Task to carry out – Extract from the entries below, exactly as given, only the lines from the line containing "pub fn next(x: u64) -> u64" to the line containing "bits, modulo m.", both lines included.
- - - - - - -
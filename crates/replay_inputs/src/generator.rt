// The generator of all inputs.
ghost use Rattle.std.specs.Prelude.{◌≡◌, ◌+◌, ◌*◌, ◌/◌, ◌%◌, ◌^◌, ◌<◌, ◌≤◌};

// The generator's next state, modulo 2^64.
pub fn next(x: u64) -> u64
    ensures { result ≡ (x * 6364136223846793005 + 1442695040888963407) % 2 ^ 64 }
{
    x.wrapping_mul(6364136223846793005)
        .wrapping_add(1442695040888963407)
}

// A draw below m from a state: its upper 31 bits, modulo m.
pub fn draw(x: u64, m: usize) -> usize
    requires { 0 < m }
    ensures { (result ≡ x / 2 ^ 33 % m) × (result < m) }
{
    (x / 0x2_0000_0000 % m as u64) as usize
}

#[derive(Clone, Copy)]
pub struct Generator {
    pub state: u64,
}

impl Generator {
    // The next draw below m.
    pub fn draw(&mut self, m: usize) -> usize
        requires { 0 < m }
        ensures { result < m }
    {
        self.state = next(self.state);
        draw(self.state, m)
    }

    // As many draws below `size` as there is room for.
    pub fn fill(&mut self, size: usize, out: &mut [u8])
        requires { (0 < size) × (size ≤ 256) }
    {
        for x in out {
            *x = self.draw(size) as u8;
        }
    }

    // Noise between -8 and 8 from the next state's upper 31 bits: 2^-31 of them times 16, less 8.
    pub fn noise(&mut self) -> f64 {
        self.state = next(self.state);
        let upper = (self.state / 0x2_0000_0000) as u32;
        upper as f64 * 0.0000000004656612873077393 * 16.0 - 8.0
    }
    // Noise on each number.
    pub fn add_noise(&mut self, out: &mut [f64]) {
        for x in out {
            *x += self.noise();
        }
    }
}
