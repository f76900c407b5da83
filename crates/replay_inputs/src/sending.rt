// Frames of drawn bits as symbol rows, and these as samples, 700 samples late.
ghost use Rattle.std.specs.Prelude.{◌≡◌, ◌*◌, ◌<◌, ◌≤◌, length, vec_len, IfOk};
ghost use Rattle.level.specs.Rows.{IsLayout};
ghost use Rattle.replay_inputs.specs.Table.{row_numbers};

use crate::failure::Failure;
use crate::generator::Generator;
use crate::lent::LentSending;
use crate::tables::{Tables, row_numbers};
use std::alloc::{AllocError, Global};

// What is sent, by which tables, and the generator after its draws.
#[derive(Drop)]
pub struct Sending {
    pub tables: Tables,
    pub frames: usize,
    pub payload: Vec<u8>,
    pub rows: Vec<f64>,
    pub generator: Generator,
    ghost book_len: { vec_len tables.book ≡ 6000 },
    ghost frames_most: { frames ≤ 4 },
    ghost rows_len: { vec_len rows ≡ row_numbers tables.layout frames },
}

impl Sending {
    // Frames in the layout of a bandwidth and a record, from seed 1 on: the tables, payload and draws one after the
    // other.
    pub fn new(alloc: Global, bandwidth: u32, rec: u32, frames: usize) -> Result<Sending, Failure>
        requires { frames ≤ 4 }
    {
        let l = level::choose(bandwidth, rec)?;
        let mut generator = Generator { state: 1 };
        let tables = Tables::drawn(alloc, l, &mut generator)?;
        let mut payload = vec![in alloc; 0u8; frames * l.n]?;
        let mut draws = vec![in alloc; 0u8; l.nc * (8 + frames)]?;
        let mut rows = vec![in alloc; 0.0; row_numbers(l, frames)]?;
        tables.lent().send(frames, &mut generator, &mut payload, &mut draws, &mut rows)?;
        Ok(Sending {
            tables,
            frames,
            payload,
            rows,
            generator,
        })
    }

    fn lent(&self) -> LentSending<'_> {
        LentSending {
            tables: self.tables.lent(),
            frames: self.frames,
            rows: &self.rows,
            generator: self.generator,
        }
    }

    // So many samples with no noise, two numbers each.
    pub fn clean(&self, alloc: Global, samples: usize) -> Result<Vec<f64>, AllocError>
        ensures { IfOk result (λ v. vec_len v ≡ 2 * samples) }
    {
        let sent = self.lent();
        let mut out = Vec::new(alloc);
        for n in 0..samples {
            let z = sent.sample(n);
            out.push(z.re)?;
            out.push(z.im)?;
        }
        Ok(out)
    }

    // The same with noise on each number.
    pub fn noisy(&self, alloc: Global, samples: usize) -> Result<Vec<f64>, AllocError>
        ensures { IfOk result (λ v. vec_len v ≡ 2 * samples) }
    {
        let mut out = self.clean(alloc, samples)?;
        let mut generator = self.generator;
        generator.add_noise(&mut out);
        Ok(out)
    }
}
- - - - - - -
Answer space –
pub fn next(x: u64) -> u64
    ensures { result ≡ (x * 6364136223846793005 + 1442695040888963407) % 2 ^ 64 }
{
    x.wrapping_mul(6364136223846793005)
        .wrapping_add(1442695040888963407)
}

// A draw below m from a state: its upper 31 bits, modulo m.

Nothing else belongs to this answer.